Items from a dataset:

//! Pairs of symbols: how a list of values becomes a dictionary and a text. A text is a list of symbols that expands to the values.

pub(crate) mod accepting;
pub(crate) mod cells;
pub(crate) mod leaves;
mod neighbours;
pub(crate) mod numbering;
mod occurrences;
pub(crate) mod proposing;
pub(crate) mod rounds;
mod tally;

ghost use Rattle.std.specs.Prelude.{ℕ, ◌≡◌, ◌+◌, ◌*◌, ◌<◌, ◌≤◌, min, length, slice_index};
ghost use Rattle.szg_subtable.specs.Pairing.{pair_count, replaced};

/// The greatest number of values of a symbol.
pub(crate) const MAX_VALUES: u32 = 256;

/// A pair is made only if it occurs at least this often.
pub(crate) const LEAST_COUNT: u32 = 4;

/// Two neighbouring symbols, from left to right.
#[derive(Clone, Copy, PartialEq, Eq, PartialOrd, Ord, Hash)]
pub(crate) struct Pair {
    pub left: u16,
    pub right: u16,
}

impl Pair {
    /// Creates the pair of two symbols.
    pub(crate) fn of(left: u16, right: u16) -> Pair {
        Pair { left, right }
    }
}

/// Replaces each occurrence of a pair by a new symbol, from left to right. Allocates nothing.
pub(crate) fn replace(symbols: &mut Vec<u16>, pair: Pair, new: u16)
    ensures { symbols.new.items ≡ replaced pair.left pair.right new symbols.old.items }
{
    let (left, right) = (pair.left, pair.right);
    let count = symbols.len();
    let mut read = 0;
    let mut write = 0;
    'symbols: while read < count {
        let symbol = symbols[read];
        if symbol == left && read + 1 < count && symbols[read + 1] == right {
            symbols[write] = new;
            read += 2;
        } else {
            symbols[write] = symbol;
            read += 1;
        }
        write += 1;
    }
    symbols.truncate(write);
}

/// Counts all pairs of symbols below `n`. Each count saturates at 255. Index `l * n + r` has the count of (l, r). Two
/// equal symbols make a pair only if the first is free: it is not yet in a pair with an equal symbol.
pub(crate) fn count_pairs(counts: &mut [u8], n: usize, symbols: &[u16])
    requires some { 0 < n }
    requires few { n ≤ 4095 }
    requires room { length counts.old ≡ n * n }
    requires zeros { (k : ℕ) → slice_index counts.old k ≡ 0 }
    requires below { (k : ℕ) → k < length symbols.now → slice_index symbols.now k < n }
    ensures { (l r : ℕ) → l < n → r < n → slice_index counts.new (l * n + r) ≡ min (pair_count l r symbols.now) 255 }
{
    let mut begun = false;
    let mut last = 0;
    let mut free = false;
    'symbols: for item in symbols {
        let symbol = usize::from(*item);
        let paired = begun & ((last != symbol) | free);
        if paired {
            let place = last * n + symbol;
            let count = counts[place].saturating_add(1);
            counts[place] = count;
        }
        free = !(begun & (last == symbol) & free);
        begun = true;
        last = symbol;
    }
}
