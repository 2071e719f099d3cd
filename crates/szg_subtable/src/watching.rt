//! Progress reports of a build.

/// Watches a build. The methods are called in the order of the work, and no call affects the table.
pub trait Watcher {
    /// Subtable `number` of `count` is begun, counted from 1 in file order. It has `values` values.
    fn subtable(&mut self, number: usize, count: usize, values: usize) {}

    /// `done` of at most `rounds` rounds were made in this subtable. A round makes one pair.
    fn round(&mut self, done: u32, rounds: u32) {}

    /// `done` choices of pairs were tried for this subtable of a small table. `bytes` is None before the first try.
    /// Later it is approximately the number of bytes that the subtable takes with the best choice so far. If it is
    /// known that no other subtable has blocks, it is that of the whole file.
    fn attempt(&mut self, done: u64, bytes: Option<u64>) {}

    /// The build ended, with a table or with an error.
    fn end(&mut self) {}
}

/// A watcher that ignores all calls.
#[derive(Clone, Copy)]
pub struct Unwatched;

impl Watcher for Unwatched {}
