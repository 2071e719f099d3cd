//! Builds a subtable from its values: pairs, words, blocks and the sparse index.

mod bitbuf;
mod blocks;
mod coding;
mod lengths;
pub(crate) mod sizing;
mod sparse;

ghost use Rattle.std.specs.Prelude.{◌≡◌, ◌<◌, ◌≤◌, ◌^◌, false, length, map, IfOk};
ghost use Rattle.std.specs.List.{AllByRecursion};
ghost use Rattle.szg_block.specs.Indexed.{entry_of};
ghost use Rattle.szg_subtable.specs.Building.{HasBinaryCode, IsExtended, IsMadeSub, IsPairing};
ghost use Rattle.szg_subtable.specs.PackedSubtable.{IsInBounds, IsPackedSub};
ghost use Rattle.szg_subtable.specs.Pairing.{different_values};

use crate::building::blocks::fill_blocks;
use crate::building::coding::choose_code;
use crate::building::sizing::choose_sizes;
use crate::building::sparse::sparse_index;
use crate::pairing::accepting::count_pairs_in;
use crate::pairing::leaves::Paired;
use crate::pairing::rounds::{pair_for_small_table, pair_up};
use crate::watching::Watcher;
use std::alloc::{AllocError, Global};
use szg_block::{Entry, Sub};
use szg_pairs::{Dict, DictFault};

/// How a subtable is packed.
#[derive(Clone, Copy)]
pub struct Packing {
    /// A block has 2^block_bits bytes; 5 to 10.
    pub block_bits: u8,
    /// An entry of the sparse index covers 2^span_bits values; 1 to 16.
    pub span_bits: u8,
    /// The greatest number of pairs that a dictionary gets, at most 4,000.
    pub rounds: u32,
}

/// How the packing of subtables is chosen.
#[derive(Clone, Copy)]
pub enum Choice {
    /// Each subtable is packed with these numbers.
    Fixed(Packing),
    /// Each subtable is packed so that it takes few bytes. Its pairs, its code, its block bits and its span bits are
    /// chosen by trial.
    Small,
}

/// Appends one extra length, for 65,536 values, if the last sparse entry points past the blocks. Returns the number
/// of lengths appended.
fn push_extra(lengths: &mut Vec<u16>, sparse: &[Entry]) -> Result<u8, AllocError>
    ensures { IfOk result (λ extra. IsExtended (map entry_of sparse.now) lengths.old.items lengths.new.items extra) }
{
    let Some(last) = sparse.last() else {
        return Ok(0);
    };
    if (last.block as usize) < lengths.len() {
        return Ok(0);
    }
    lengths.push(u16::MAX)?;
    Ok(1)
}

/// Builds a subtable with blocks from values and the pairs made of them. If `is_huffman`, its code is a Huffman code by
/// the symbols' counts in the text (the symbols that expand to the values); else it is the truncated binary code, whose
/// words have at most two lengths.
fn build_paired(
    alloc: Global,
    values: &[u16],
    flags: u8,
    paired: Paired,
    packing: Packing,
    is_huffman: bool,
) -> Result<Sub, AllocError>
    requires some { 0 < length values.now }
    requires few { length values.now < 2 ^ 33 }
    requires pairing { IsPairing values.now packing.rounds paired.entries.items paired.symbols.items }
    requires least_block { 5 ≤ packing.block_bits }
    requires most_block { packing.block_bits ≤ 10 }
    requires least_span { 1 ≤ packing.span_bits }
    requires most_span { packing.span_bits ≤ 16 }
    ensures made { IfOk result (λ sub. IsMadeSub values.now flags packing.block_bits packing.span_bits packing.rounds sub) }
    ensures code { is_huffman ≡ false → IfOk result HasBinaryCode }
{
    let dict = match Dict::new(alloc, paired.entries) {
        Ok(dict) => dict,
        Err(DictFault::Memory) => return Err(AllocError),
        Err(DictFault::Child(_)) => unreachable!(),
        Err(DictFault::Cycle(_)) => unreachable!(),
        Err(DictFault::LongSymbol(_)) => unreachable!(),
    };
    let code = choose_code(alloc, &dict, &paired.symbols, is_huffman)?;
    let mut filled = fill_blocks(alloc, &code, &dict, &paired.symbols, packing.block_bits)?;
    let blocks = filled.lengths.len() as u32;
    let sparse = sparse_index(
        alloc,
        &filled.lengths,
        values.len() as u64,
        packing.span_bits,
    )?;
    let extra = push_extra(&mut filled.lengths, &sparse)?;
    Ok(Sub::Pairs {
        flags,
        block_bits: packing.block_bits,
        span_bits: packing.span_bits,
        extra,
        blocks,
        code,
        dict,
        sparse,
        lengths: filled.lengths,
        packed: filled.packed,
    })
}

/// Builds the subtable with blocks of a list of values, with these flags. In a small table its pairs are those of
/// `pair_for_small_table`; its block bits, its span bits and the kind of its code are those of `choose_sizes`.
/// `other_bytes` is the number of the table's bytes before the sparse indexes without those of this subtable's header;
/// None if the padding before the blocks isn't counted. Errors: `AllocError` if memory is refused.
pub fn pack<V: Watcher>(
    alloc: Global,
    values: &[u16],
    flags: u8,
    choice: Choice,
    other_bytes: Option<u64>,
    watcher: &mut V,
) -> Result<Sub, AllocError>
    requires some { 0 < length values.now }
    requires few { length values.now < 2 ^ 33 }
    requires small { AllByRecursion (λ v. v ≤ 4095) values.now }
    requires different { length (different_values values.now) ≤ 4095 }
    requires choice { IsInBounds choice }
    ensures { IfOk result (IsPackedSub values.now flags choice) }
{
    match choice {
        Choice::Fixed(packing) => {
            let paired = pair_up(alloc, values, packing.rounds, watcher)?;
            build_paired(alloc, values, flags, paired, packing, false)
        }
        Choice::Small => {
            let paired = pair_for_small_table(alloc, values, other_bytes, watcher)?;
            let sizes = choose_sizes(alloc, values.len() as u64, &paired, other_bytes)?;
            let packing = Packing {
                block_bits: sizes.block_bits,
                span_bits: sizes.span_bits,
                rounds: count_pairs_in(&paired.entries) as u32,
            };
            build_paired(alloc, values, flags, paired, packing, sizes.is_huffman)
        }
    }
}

DIRECTIONS ::
Each line of the data in which the string "rounds" appears needs to be copied.

RESULT BELOW ::
pub(crate) mod rounds;
    /// `done` of at most `rounds` rounds were made in this subtable. A round makes one pair.
    fn round(&mut self, done: u32, rounds: u32) {}
use crate::pairing::rounds::{pair_for_small_table, pair_up};
    pub rounds: u32,
    requires pairing { IsPairing values.now packing.rounds paired.entries.items paired.symbols.items }
    ensures made { IfOk result (λ sub. IsMadeSub values.now flags packing.block_bits packing.span_bits packing.rounds sub) }
            let paired = pair_up(alloc, values, packing.rounds, watcher)?;
                rounds: count_pairs_in(&paired.entries) as u32,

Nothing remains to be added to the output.